▶ _TASK DESCRIPTION_: Which lines of the listing below contain the word "seen"? Return them.

▶ _WORKING DATA_:
impl<T: Drop> HttpConn<T> {
    ghost use Rattle.http_front.specs.Talking.{CountsOn, Fails, StepFollows, GoesSo, IsNext, SliceLands, ConnStands, WantsSo, pending};

    /// Nothing came yet. It takes no memory.
    pub fn new(alloc: Global) -> HttpConn<T>
        ensures unread { unread result.read_buffer ≡ [] }
        ensures pending { pending result ≡ [] }
        ensures over { result.over ≡ false }
        ensures hand { result.hand ≡ None }
        ensures eof { result.eof ≡ false }
        ensures needs_input { result.needs_input ≡ true }
        ensures requests { result.requests ≡ 0 }
    {
        HttpConn {
            read_buffer: ReadBuffer::new(alloc),
            text: ResponseText::new(alloc),
            size: 0,
            sent: 0,
            eof: false,
            needs_input: true,
            over: false,
            hand: None,
            reads: READS,
            requests: 0,
        }
    }

    /// How many responses were made. Where there are more than 2^64 - 1, it is that.
    pub fn requests(&self) -> u64
        ensures { result ≡ self.now.requests }
    {
        self.requests
    }

    /// What it waits for. What is answered goes out before more is read or answered.
    pub fn next(&self) -> Next
        ensures { IsNext self.now result }
    {
        if self.sent < self.size {
            return Next::Writes;
        }
        if self.over {
            return Next::Over;
        }
        if self.hand.is_some() {
            return Next::Works;
        }
        if self.needs_input {
            return Next::Reads;
        }
        Next::Steps
    }

    /// Reads once, through a buffer.
    fn take_in<R: Source>(&mut self, reader: &mut R, buffer: &mut [u8]) -> Result<Turned, FrontKind>
        requires room { 0 < length buffer.old }
        ensures took { (bytes : List ℕ) × Consumes (R.remaining reader.old) (R.remaining reader.new) bytes × OnOk result (unread self.new.read_buffer ≡ unread self.old.read_buffer ++ bytes) }
        ensures text { pending self.new ≡ pending self.old }
        ensures over { self.new.over ≡ self.old.over }
        ensures hand { self.new.hand ≡ self.old.hand }
        ensures eof { self.new.eof ≡ true → (self.old.eof ≡ true) ⊎ IsAtEnd (R.remaining reader.new) }
        ensures needs_input { self.new.needs_input ≡ true → self.old.needs_input ≡ true }
        ensures requests { self.new.requests ≡ self.old.requests }
        ensures lost { IfErr result (λ e. Loses (length buffer.new) (R.remaining reader.old) (R.remaining reader.new) e) }
        ensures source { BlamesSource result (R.failed reader.old) (R.failed reader.new) self.new.reads }
        ensures unwritten { result ≢ Err FrontKind.Write }
    {
        if self.reads == 0 {
            return Err(FrontKind::TooManyReads);
        }
        match reader.read(buffer) {
            Ok(ReadAnswer::End) => {
                self.eof = true;
                self.needs_input = false;
                Ok(Turned::Moved)
            }
            Ok(ReadAnswer::NotNow) => Ok(Turned::NoBytes),
            Ok(ReadAnswer::Bytes(count)) => match self.read_buffer.add(&buffer[..count]) {
                Ok(()) => {
                    self.reads -= 1;
                    self.needs_input = false;
                    Ok(Turned::Moved)
                }
                Err(_) => Err(FrontKind::NoMemory),
            },
            Err(_) => Err(FrontKind::Read),
        }
    }

    /// Drops what is written. A large body goes back to the handler, so that its room is used again.
    fn forget_text<H: Handler>(&mut self, alloc: Global, handler: &mut H)
        requires { self.old.sent ≡ self.old.size }
        ensures pending { pending self.new ≡ [] }
        ensures read_buffer { self.new.read_buffer ≡ self.old.read_buffer }
        ensures over { self.new.over ≡ self.old.over }
        ensures hand { self.new.hand ≡ self.old.hand }
        ensures eof { self.new.eof ≡ self.old.eof }
        ensures needs_input { self.new.needs_input ≡ self.old.needs_input }
        ensures requests { self.new.requests ≡ self.old.requests }
        ensures still { handler.new ≡ handler.old }
    {
        self.text.give_back(alloc, handler);
        self.text.release(alloc);
        self.sent = 0;
        self.size = 0;
    }

    /// Writes once.
    fn put_out<W: Sink, H: Handler>(
        &mut self,
        alloc: Global,
        sink: &mut W,
        handler: &mut H,
    ) -> Result<Turned, FrontKind>
        requires { self.old.sent < self.old.size }
        ensures wrote { (n : ℕ) × Appends (W.contents sink.old) (W.contents sink.new) (take n (pending self.old)) × (pending self.new ≡ drop n (pending self.old)) }
        ensures read_buffer { self.new.read_buffer ≡ self.old.read_buffer }
        ensures over { self.new.over ≡ self.old.over }
        ensures hand { self.new.hand ≡ self.old.hand }
        ensures eof { self.new.eof ≡ self.old.eof }
        ensures needs_input { self.new.needs_input ≡ self.old.needs_input }
        ensures requests { self.new.requests ≡ self.old.requests }
        ensures still { handler.new ≡ handler.old }
        ensures kinds { IfErr result IsSinkKind }
        ensures sink { BlamesSink result (W.failed sink.old) (W.failed sink.new) }
    {
        match sink.write_parts(self.text.rest(self.sent)) {
            Ok(WriteAnswer::Bytes(count)) => {
                self.sent += count;
                if self.sent == self.size {
                    self.forget_text(alloc, handler);
                    return Ok(Turned::Sent);
                }
                Ok(Turned::Moved)
            }
            Ok(WriteAnswer::NotNow) => Ok(Turned::NoRoom),
            Err(SinkFault::Failed) => Err(FrontKind::Write),
            Err(SinkFault::NoMemory) => Err(FrontKind::NoMemory),
        }
    }

    /// Writes all of what a step made, of which nothing has gone out, into a sink that waits. Where the sink fails the rest is dropped.
    pub(crate) fn put_all<W: Sink, H: Handler>(
        &mut self,
        alloc: Global,
        sink: &mut W,
        handler: &mut H,
    ) -> Result<(), FrontKind>
        requires { self.old.sent ≡ 0 }
        ensures ok { IfOk result (λ u. Appends (W.contents sink.old) (W.contents sink.new) (pending self.old)) }
        ensures err { IfErr result (λ e. IsSinkKind e × AppendsFront (W.contents sink.old) (W.contents sink.new) (pending self.old)) }
        ensures blames { BlamesSink result (W.failed sink.old) (W.failed sink.new) }
        ensures pending { pending self.new ≡ [] }
        ensures read_buffer { self.new.read_buffer ≡ self.old.read_buffer }
        ensures over { self.new.over ≡ self.old.over }
        ensures eof { self.new.eof ≡ self.old.eof }
        ensures needs_input { self.new.needs_input ≡ self.old.needs_input }
        ensures requests { self.new.requests ≡ self.old.requests }
        ensures still { handler.new ≡ handler.old }
    {
        let written = self.text.write(sink);
        self.sent = self.size;
        self.forget_text(alloc, handler);
        match written {
            Ok(()) => Ok(()),
            Err(SinkFault::Failed) => Err(FrontKind::Write),
            Err(SinkFault::NoMemory) => Err(FrontKind::NoMemory),
        }
    }

    /// Reads once, through a buffer, from a source that is read so many times at most.
    pub(crate) fn take_counted<R: Source>(
        &mut self,
        reader: &mut CountedSource<R>,
        buffer: &mut [u8],
    ) -> Result<(), FrontKind>
        requires room { length buffer.old ≡ 8192 }
        requires more { self.old.eof ≡ false }
        ensures ok { OnOk result (AddsBytes (R.remaining (source_of reader.old)) (R.remaining (source_of reader.new)) (unread self.old.read_buffer) (unread self.new.read_buffer) 8192 self.new.eof) }
        ensures waits { OnOk result (self.new.needs_input ≡ true → (self.new.eof ≡ false) × (unread self.new.read_buffer ≡ unread self.old.read_buffer)) }
        ensures err { IfErr result (λ e. Loses 8192 (R.remaining (source_of reader.old)) (R.remaining (source_of reader.new)) e) }
        ensures blames { BlamesSource result (R.failed (source_of reader.old)) (R.failed (source_of reader.new)) (reads_left reader.new) }
        ensures counted { OnOk result (reads_left reader.old ≡ reads_left reader.new + 1) }
        ensures unwritten { result ≢ Err FrontKind.Write }
        ensures pending { pending self.new ≡ pending self.old }
        ensures over { self.new.over ≡ self.old.over }
        ensures requests { self.new.requests ≡ self.old.requests }
        ensures room { length buffer.new ≡ 8192 }
    {
        match reader.read(buffer) {
            Ok(ReadAnswer::End) => {
                self.eof = true;
                self.needs_input = false;
                Ok(())
            }
            Ok(ReadAnswer::NotNow) => Ok(()),
            Ok(ReadAnswer::Bytes(count)) => {
                let read = &buffer[..count];
                match self.read_buffer.add(read) {
                    Ok(()) => {
                        self.needs_input = false;
                        Ok(())
                    }
                    Err(_) => Err(FrontKind::NoMemory),
                }
            }
            Err(CountedFault::Failed) => Err(FrontKind::Read),
            Err(CountedFault::TooManyReads) => Err(FrontKind::TooManyReads),
        }
    }

    /// What follows a step: its text is there.
    fn follow(&mut self, step: ServeStep)
        requires going { self.old.over ≡ false }
        ensures follows { StepFollows step self.old self.new }
        ensures text { self.new.text ≡ self.old.text }
        ensures sent { self.new.sent ≡ self.old.sent }
        ensures hand { self.new.hand ≡ self.old.hand }
        ensures eof { self.new.eof ≡ self.old.eof }
    {
        match step {
            ServeStep::More => self.needs_input = true,
            ServeStep::Done => self.over = true,
            ServeStep::Stays(size) => {
                skip_up_to(&mut self.read_buffer, size);
                self.requests = self.requests.saturating_add(1);
            }
            ServeStep::Closes(size) => {
                skip_up_to(&mut self.read_buffer, size);
                self.requests = self.requests.saturating_add(1);
                self.over = true;
            }
            ServeStep::Refused => {
                self.requests = self.requests.saturating_add(1);
                self.over = true;
            }
        }
    }

    /// A slice of a step: of the request that is in hand, or on the bytes at hand.
    pub(crate) fn step<H: Handler, K: Clock, P: Pace<H, Task = T>>(
        &mut self,
        alloc: Global,
        site: &Site,
        handler: &mut H,
        number: u64,
        clock: &mut K,
    ) -> Result<Turned, FrontKind>
        requires open { H.is_open handler.old number }
        requires going { self.old.over ≡ false }
        ensures open { H.is_open handler.new number }
        ensures beside { (from : H) → H.beside from number handler.old → H.beside from number handler.new }
        ensures clock { (from : K) → Passes K.tells from clock.old → Passes K.tells from clock.new }
        ensures did { OnOk result ((x : StepSlice T) × StepsFrom site.now (λ old. P.comes old number) (λ old. P.rests old number) K.tells self.old.hand handler.old
            clock.old (unread self.old.read_buffer) self.old.eof x (pending self.new) handler.new clock.new
            × SliceLands x self.old self.new) }
        ensures eof { self.new.eof ≡ self.old.eof }
        ensures lacks { IfErr result (LacksSlice site.now (λ old. H.lacks old number) (λ old. P.lacks_rest old number) self.old.hand handler.old (unread self.old.read_buffer) self.old.eof handler.new) }
        ensures none { OnErr result (pending self.new ≡ []) }
        ensures sent { self.new.sent ≡ 0 }
        ensures few { P.steps handler.old number (most_steps self.old.hand) handler.new }
    {
        self.sent = 0;
        self.size = 0;
        let hand = self.hand.take();
        let seen = self.read_buffer.unread();
        let did = step_on::<H, K, P>(
            alloc,
            seen,
            self.eof,
            hand,
            site,
            handler,
            number,
            clock,
            &mut self.text,
        );
        let (slice, size) = sized(alloc, did, &mut self.text)?;
        self.size = size;
        match slice {
            StepSlice::Did(step) => self.follow(step),
            StepSlice::Works(under_way) => self.hand = Some(under_way),
        }
        Ok(Turned::Moved)
    }

    /// One turn: a write, a read, or a slice of a step, whichever it waits for. It waits for nothing, where source and sink do not. `number` is that of the
    /// connection with which the handler serves it; that connection is open.
    pub fn turn<R: Source, W: Sink, H: Handler<Task = T>, K: Clock>(
        &mut self,
        alloc: Global,
        reader: &mut R,
        sink: &mut W,
        site: &Site,
        handler: &mut H,
        number: u64,
        clock: &mut K,
        buffer: &mut [u8],
    ) -> Result<Turned, FrontKind>
        requires open { H.is_open handler.old number }
        requires room { 0 < length buffer.old }
        ensures open { H.is_open handler.new number }
        ensures own { (bytes text : List ℕ) × Consumes (R.remaining reader.old) (R.remaining reader.new) bytes × Appends (W.contents sink.old) (W.contents sink.new) text
            × ((start : H) (first : K) (came went : List ℕ) → ConnStands site.now (λ old. H.among old number) (λ old. H.rests old number) K.tells
            (λ old new. H.apart old number new) start first came went self.old handler.old clock.old
            → GoesSo site.now (λ old. H.among old number) (λ old. H.rests old number) K.tells (λ old new. H.apart old number new) start first (came ++ bytes)
            (went ++ text) result self.new handler.new clock.new) }
        ensures others { (k : ℕ) → k ≢ number → (start : H) (first : K) (came went : List ℕ) (other : HttpConn T)
            → ConnStands site.now (λ old. H.among old k) (λ old. H.rests old k) K.tells (λ old new. H.apart old k new) start first came went other handler.old clock.old
            → ConnStands site.now (λ old. H.among old k) (λ old. H.rests old k) K.tells (λ old new. H.apart old k new) start first came went other handler.new clock.new }
        ensures eof { self.new.eof ≡ true → (self.old.eof ≡ true) ⊎ IsAtEnd (R.remaining reader.new) }
        ensures fails { IfErr result (Fails site.now (λ old. H.lacks old number) (λ old. H.lacks_rest old number) (length buffer.new) (R.remaining reader.old)
            (R.remaining reader.new) handler.old handler.new self.old) }
        ensures none { OnErr result (pending self.old ≡ [] → pending self.new ≡ []) }
        ensures few { H.steps handler.old number (most_steps self.old.hand) handler.new }
        ensures needs_input { OnOk result (WantsSo self.old self.new) }
        ensures counted { OnOk result (CountsOn self.old self.new) }
        ensures source { BlamesSource result (R.failed reader.old) (R.failed reader.new) self.new.reads }
        ensures sink { BlamesSink result (W.failed sink.old) (W.failed sink.new) }
    {
        match self.next() {
            Next::Writes => self.put_out(alloc, sink, handler),
            Next::Over => Ok(Turned::Over),
            Next::Reads => self.take_in(reader, buffer),
            _ => self.step::<H, K, InSlices>(alloc, site, handler, number, clock),
        }
    }
}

▶ _TASK OUTPUT_:
        let seen = self.read_buffer.unread();
            seen,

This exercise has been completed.